Principal John Shepard and Asst. Principal/Athletic Director John McDaris laud her as a molder and motivator. “Coach Moon is an old-school coach,” McDaris said. “They inspire — from a high level of respect of their kids. She doesn’t let the little things go — as a coach, nor in character and academics.” He said in civic projects, “She leads by example. Her belief is ‘we do more than we’re asked to do.’”

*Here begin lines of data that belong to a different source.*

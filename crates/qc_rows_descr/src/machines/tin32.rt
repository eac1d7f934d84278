//! The machine with one instruction for each tile, of the tile's name and number.

use super::{Format, Layout, Row, SpaceRow, Table};
use qc_terms::Order;

/// Two tokens of 32 bits. The number of the instruction is at 7..0 of the first one, registers are at 11..8, 15..12 and
/// 19..16, and a constant or target is the second one.
const TOKENS: &[u8] = &[32, 32];

const NONE: Format = (TOKENS, &[]);

const ONE: Format = (TOKENS, &[(8, 4, 0, 0)]);

const TWO: Format = (TOKENS, &[(8, 4, 0, 0), (12, 4, 1, 0)]);

const THREE: Format = (TOKENS, &[(8, 4, 0, 0), (12, 4, 1, 0), (16, 4, 2, 0)]);

const CONSTANT: Format = (TOKENS, &[(32, 32, 0, 0)]);

const ONE_AND_CONSTANT: Format = (TOKENS, &[(8, 4, 0, 0), (32, 32, 1, 0)]);

const TWO_AND_CONSTANT: Format = (TOKENS, &[(8, 4, 0, 0), (12, 4, 1, 0), (32, 32, 2, 0)]);

/// A code in the lowest 8 bits of the second token.
const CODE: Format = (TOKENS, &[(32, 8, 0, 0)]);

/// The instructions in the order of their numbers, which are their fixed bits.
const INSTRUCTIONS: [Row; 45] = [
    ("move", "d: r, a: r", 1, TWO, "d := a"),
    ("const", "d: r, k: imm 32", 2, ONE_AND_CONSTANT, "d := k"),
    ("add", "d: r, a: r, b: r", 3, THREE, "d := add(a, b)"),
    ("sub", "d: r, a: r, b: r", 4, THREE, "d := sub(a, b)"),
    ("neg", "d: r, a: r", 5, TWO, "d := neg(a)"),
    ("and", "d: r, a: r, b: r", 6, THREE, "d := and(a, b)"),
    ("or", "d: r, a: r, b: r", 7, THREE, "d := or(a, b)"),
    ("xor", "d: r, a: r, b: r", 8, THREE, "d := xor(a, b)"),
    ("com", "d: r, a: r", 9, TWO, "d := com(a)"),
    ("shl", "d: r, a: r, b: r", 10, THREE, "d := shl(a, b)"),
    ("shrl", "d: r, a: r, b: r", 11, THREE, "d := shrl(a, b)"),
    ("shra", "d: r, a: r, b: r", 12, THREE, "d := shra(a, b)"),
    (
        "seteq",
        "d: r, a: r, b: r",
        13,
        THREE,
        "d := zx 32 (eq(a, b))",
    ),
    (
        "setne",
        "d: r, a: r, b: r",
        14,
        THREE,
        "d := zx 32 (ne(a, b))",
    ),
    (
        "setlt",
        "d: r, a: r, b: r",
        15,
        THREE,
        "d := zx 32 (lt(a, b))",
    ),
    (
        "setltu",
        "d: r, a: r, b: r",
        16,
        THREE,
        "d := zx 32 (ltu(a, b))",
    ),
    (
        "breq",
        "a: r, b: r, t: abs 32",
        17,
        TWO_AND_CONSTANT,
        "when eq(a, b) => pc := t",
    ),
    (
        "brne",
        "a: r, b: r, t: abs 32",
        18,
        TWO_AND_CONSTANT,
        "when ne(a, b) => pc := t",
    ),
    (
        "brlt",
        "a: r, b: r, t: abs 32",
        19,
        TWO_AND_CONSTANT,
        "when lt(a, b) => pc := t",
    ),
    (
        "brge",
        "a: r, b: r, t: abs 32",
        20,
        TWO_AND_CONSTANT,
        "when ge(a, b) => pc := t",
    ),
    (
        "brltu",
        "a: r, b: r, t: abs 32",
        21,
        TWO_AND_CONSTANT,
        "when ltu(a, b) => pc := t",
    ),
    (
        "brgeu",
        "a: r, b: r, t: abs 32",
        22,
        TWO_AND_CONSTANT,
        "when geu(a, b) => pc := t",
    ),
    ("ldb", "d: r, a: r", 23, TWO, "d := zx 32 (mem 8 [a])"),
    ("ldh", "d: r, a: r", 24, TWO, "d := zx 32 (mem 16 [a])"),
    ("ldw", "d: r, a: r", 25, TWO, "d := mem 32 [a]"),
    ("stb", "a: r, s: r", 26, TWO, "mem 8 [a] := slice 0 8 (s)"),
    ("sth", "a: r, s: r", 27, TWO, "mem 16 [a] := slice 0 16 (s)"),
    ("stw", "a: r, s: r", 28, TWO, "mem 32 [a] := s"),
    ("goto", "t: abs 32", 29, CONSTANT, "pc := t"),
    (
        "call",
        "t: abs 32",
        30,
        CONSTANT,
        "r[15] := after | pc := t",
    ),
    ("ret", "", 31, NONE, "pc := and(r[15], 4294967288'32)"),
    (
        "savelink",
        "k: imm 32",
        32,
        CONSTANT,
        "mem 32 [add(r[14], k)] := r[15]",
    ),
    (
        "loadlink",
        "k: imm 32",
        33,
        CONSTANT,
        "r[15] := mem 32 [add(r[14], k)]",
    ),
    (
        "spill",
        "a: r, k: imm 32",
        34,
        ONE_AND_CONSTANT,
        "mem 32 [add(r[14], k)] := a",
    ),
    (
        "reload",
        "d: r, k: imm 32",
        35,
        ONE_AND_CONSTANT,
        "d := mem 32 [add(r[14], k)]",
    ),
    (
        "op_frame",
        "k: imm 32",
        36,
        CONSTANT,
        "r[14] := add(r[14], k)",
    ),
    ("in", "d: r", 37, ONE, "d := input"),
    ("op_out", "a: r", 38, ONE, "out := a"),
    ("op_halt", "a: r", 39, ONE, "halt := a"),
    ("op_trap", "k: imm 8", 40, CODE, "trap := k"),
    ("mul", "d: r, a: r, b: r", 41, THREE, "d := mul(a, b)"),
    ("divu", "d: r, a: r, b: r", 42, THREE, "d := divu(a, b)"),
    ("modu", "d: r, a: r, b: r", 43, THREE, "d := modu(a, b)"),
    ("quot", "d: r, a: r, b: r", 44, THREE, "d := quot(a, b)"),
    ("rem", "d: r, a: r, b: r", 45, THREE, "d := rem(a, b)"),
];

const LAYOUT: Layout = (
    (32, Order::Little, 8, 32),
    (None, (0, 15), (0, 14)),
    (0, 0, 13),
    (0x100_0000, 0x8_0000, 0x80_0000),
);

const SPACES: [SpaceRow; 1] = [("r", 16, 32, false)];

pub(super) const TIN32: Table = ("tin32", &LAYOUT, &SPACES, &[&INSTRUCTIONS]);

Caroline Marsh won the WNC Sports Award as top female athlete at a major area school, two years ago. She starred at North in basketball and volleyball. Marsh plays for UNC Wilmington in both indoor and beach volleyball, and majors in biology.
“She’s intense. She gets you motivated,” Marsh told The Tribune about Moon. Yet “she’s also controlled.” Marsh said Moon’s motto during playoffs was “‘be phenomenal, or be gone.’ She urged us to do what we could, but to have fun. We were pumped, and all excited.”
Recent NHHS alum Megan Edwards credits Coach Moon for current “confidence” and to “give advice when I panic, lift me up when I’m upset, or set me straight when I’m not living up to my potential.”
Sue Moon has coached volleyball for some 32 years, and women’s varsity and JV basketball for most of that time. Her last 18 volleyball seasons were at North, as she returned to the school after a stint at Enka. She was once N.C. regional coach of the year. She coached in the N.C. East-West and WNC Blue-White basketball all-star games. She launched a local youth volleyball rec league and North Valley area club.
Moon relishes local athletic “intense rivalries.” She is turning over NHHS hoops reins for ’19-20 to Zach Wilkins, formerly NHHS football coach.
Sue kept her maiden name Moon. Her son is Patrick. Daughter Kasey is a Clemson student. Sue’s degrees are a B.A. from UNC Greensboro, and master’s of education at Western Carolina University.
The future coach in eighth grade quizzed her history teacher, John Whitmire, about strategy in his latest EHS boys basketball games. Also in 1972-73, Moon was in a mock election campaign. Whitmire assigned her the underdog role of Hargrove “Skipper” Bowles, who had lost the ’72 governor’s race. Moon relished the challenge. “I said, ‘I’ll show you, Mr. Whitmire.’ I won that election.”
For years, Knights Vs. Cancer revenue went to the American Cancer Society, such as from its Relay for Life in May.
This is the fourth year that proceeds are instead more localized, to Raleigh-based Vs. Cancer for research and child life enhancement. The non-profit’s Vs. Cancer Pediatric Brain Tumor Foundation is in Asheville. Vs. Cancer founder Chase Jones was a UNC-CH freshman baseball player in 2006, when diagnosed with a stage IV brain tumor he has still survived.
The Knights Vs. Cancer’s festival’s main ceremony is in the gym at 6 p.m. Honored are cancer survivors and recent victims who “lost the fight,” Moon said. Cancer survivors should show up by 5:30 p.m. Typically at 9:30 p.m., sky lanterns float to the heavens.
Donors to Vs. Cancer should write checks to “Knights Vs. Cancer,” and can deliver them to the school main office or at the rally May 24. For more on what that money goes for, check Vs-cancer.org.